• **Exercise goal**
All of the data below should be written out again exactly.

• **Exercise input**
---*---

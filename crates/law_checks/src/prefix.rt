//! The law Prefix: deliveries are a prefix of what was sent.
ghost use Rattle.std.specs.Prelude.{◌≡◌};
ghost use Rattle.ipdl_base.specs.Sound.{IsSound};
ghost use Rattle.history_reading.specs.EndReadings.{end_view};
ghost use Rattle.history_reading.specs.Views.{request_view, sent_view, packet_view};
ghost use Rattle.history_reading.specs.Numbers.{has_packet};
ghost use Rattle.history_reading.specs.Prefix as the;
ghost use Rattle.history_reading.specs.SentPacket.{packet_kind};

use history_reading::{EndReading, PacketKind, Request, SentPacket, is_nulled};
use ipdl_base::{Schema, Values, What, params_of};

/// Returns what a delivery shows of a packet.
fn packet_kind(told: &SentPacket<'_>) -> PacketKind
    ensures { result ≡ packet_kind (packet_view told.now) }
{
    match told {
        SentPacket::Request(request) => PacketKind::Request(request.seq),
        SentPacket::Reply(n, _) => PacketKind::Reply(*n),
        SentPacket::Goodbye => PacketKind::Goodbye,
        SentPacket::Broken => PacketKind::Broken,
    }
}

/// Whether a packet is among those that are shown.
fn has_packet(packets: &[PacketKind], packet: PacketKind) -> bool
    ensures { result ≡ has_packet packets.now packet }
{
    packets.iter().any(|other| other.same(&packet))
}

/// Whether a packet is the next of those that were sent, after `count` of them.
fn is_next_of(sent: &[SentPacket<'_>], count: usize, packet: PacketKind) -> bool
    ensures { result ≡ the.is_next_of (sent_view sent.now) count packet }
{
    match sent.get(count) {
        Some(told) => packet_kind(told).same(&packet),
        None => false,
    }
}

/// Whether a packet is the next of those that the other end has sent.
fn is_next(own: &EndReading<'_>, other: &EndReading<'_>, packet: PacketKind) -> bool
    ensures { result ≡ the.is_next packet (end_view own.now) (end_view other.now) }
{
    is_next_of(other.sent.as_slice(), own.delivered.len(), packet)
}

/// Whether a request was delivered, and has neither been replaced nor taken or dropped.
fn is_there(own: &EndReading<'_>, n: i32) -> bool
    ensures { result ≡ the.is_there (end_view own.now) n }
{
    has_packet(own.delivered.as_slice(), PacketKind::Request(n))
        && !own.replaced.has(n)
        && !own.gone.has(n)
}

/// Whether a request goes to this actor, and is of this message.
fn is_for(request: &Request<'_>, route: i32, number: u32) -> bool
    ensures { result ≡ the.is_for route number (request_view request.now) }
{
    request.route == route && request.number == number
}

/// Whether the other end's request of a number goes to this actor, is of this message, and has these
/// values, in which dead actors are null.
fn was_sent_with(
    schema: &Schema,
    own: &EndReading<'_>,
    other: &EndReading<'_>,
    n: i32,
    route: i32,
    number: u32,
    values: &Values,
) -> bool
    requires { IsSound schema.now }
    ensures { result ≡ the.was_sent_with schema.now (end_view own.now) (end_view other.now) n route number values.now }
{
    match other.sent.request(n) {
        Some(request) => {
            let params = params_of(schema, number);
            is_for(&request, route, number)
                && is_nulled(schema, own, params, request.values, values)
        }
        None => false,
    }
}

/// Whether the other end's request of a number goes to this actor, and is of this message.
fn was_sent(other: &EndReading<'_>, n: i32, route: i32, number: u32) -> bool
    ensures { result ≡ the.was_sent (end_view other.now) n route number }
{
    match other.sent.request(n) {
        Some(request) => is_for(&request, route, number),
        None => false,
    }
}

/// Whether a reply was delivered, and has not been taken.
fn is_reply_there(own: &EndReading<'_>, n: i32) -> bool
    ensures { result ≡ the.is_reply_there (end_view own.now) n }
{
    has_packet(own.delivered.as_slice(), PacketKind::Reply(n)) && !own.replies.has(n)
}

/// Whether a line obeys the law.
pub fn prefix_line(
    schema: &Schema,
    own: &EndReading<'_>,
    other: &EndReading<'_>,
    what: &What,
) -> bool
    requires { IsSound schema.now }
    ensures { result ≡ the.prefix_line schema.now (end_view own.now) (end_view other.now) what.now }
{
    match what {
        What::DeliverRequest(n) => is_next(own, other, PacketKind::Request(*n)),
        What::DeliverReply(n) => is_next(own, other, PacketKind::Reply(*n)),
        What::DeliverGoodbye => is_next(own, other, PacketKind::Goodbye),
        What::DeliverBroken => is_next(own, other, PacketKind::Broken),
        What::Take(n, route, number, values) => {
            is_there(own, *n) && was_sent_with(schema, own, other, *n, *route, *number, values)
        }
        What::Drop(n, route, number, _) => {
            is_there(own, *n) && was_sent(other, *n, *route, *number)
        }
        What::TakeReply(n) => is_reply_there(own, *n),
        _ => true,
    }
}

---*---

• **Solution for this task**
filename crates/law_checks/src/prefix.rt
//! The law Prefix: deliveries are a prefix of what was sent.
ghost use Rattle.std.specs.Prelude.{◌≡◌};
ghost use Rattle.ipdl_base.specs.Sound.{IsSound};
ghost use Rattle.history_reading.specs.EndReadings.{end_view};
ghost use Rattle.history_reading.specs.Views.{request_view, sent_view, packet_view};
ghost use Rattle.history_reading.specs.Numbers.{has_packet};
ghost use Rattle.history_reading.specs.Prefix as the;
ghost use Rattle.history_reading.specs.SentPacket.{packet_kind};

use history_reading::{EndReading, PacketKind, Request, SentPacket, is_nulled};
use ipdl_base::{Schema, Values, What, params_of};

/// Returns what a delivery shows of a packet.
fn packet_kind(told: &SentPacket<'_>) -> PacketKind
    ensures { result ≡ packet_kind (packet_view told.now) }
{
    match told {
        SentPacket::Request(request) => PacketKind::Request(request.seq),
        SentPacket::Reply(n, _) => PacketKind::Reply(*n),
        SentPacket::Goodbye => PacketKind::Goodbye,
        SentPacket::Broken => PacketKind::Broken,
    }
}

/// Whether a packet is among those that are shown.
fn has_packet(packets: &[PacketKind], packet: PacketKind) -> bool
    ensures { result ≡ has_packet packets.now packet }
{
    packets.iter().any(|other| other.same(&packet))
}

/// Whether a packet is the next of those that were sent, after `count` of them.
fn is_next_of(sent: &[SentPacket<'_>], count: usize, packet: PacketKind) -> bool
    ensures { result ≡ the.is_next_of (sent_view sent.now) count packet }
{
    match sent.get(count) {
        Some(told) => packet_kind(told).same(&packet),
        None => false,
    }
}

/// Whether a packet is the next of those that the other end has sent.
fn is_next(own: &EndReading<'_>, other: &EndReading<'_>, packet: PacketKind) -> bool
    ensures { result ≡ the.is_next packet (end_view own.now) (end_view other.now) }
{
    is_next_of(other.sent.as_slice(), own.delivered.len(), packet)
}

/// Whether a request was delivered, and has neither been replaced nor taken or dropped.
fn is_there(own: &EndReading<'_>, n: i32) -> bool
    ensures { result ≡ the.is_there (end_view own.now) n }
{
    has_packet(own.delivered.as_slice(), PacketKind::Request(n))
        && !own.replaced.has(n)
        && !own.gone.has(n)
}

/// Whether a request goes to this actor, and is of this message.
fn is_for(request: &Request<'_>, route: i32, number: u32) -> bool
    ensures { result ≡ the.is_for route number (request_view request.now) }
{
    request.route == route && request.number == number
}

/// Whether the other end's request of a number goes to this actor, is of this message, and has these
/// values, in which dead actors are null.
fn was_sent_with(
    schema: &Schema,
    own: &EndReading<'_>,
    other: &EndReading<'_>,
    n: i32,
    route: i32,
    number: u32,
    values: &Values,
) -> bool
    requires { IsSound schema.now }
    ensures { result ≡ the.was_sent_with schema.now (end_view own.now) (end_view other.now) n route number values.now }
{
    match other.sent.request(n) {
        Some(request) => {
            let params = params_of(schema, number);
            is_for(&request, route, number)
                && is_nulled(schema, own, params, request.values, values)
        }
        None => false,
    }
}

/// Whether the other end's request of a number goes to this actor, and is of this message.
fn was_sent(other: &EndReading<'_>, n: i32, route: i32, number: u32) -> bool
    ensures { result ≡ the.was_sent (end_view other.now) n route number }
{
    match other.sent.request(n) {
        Some(request) => is_for(&request, route, number),
        None => false,
    }
}

/// Whether a reply was delivered, and has not been taken.
fn is_reply_there(own: &EndReading<'_>, n: i32) -> bool
    ensures { result ≡ the.is_reply_there (end_view own.now) n }
{
    has_packet(own.delivered.as_slice(), PacketKind::Reply(n)) && !own.replies.has(n)
}

/// Whether a line obeys the law.
pub fn prefix_line(
    schema: &Schema,
    own: &EndReading<'_>,
    other: &EndReading<'_>,
    what: &What,
) -> bool
    requires { IsSound schema.now }
    ensures { result ≡ the.prefix_line schema.now (end_view own.now) (end_view other.now) what.now }
{
    match what {
        What::DeliverRequest(n) => is_next(own, other, PacketKind::Request(*n)),
        What::DeliverReply(n) => is_next(own, other, PacketKind::Reply(*n)),
        What::DeliverGoodbye => is_next(own, other, PacketKind::Goodbye),
        What::DeliverBroken => is_next(own, other, PacketKind::Broken),
        What::Take(n, route, number, values) => {
            is_there(own, *n) && was_sent_with(schema, own, other, *n, *route, *number, values)
        }
        What::Drop(n, route, number, _) => {
            is_there(own, *n) && was_sent(other, *n, *route, *number)
        }
        What::TakeReply(n) => is_reply_there(own, *n),
        _ => true,
    }
}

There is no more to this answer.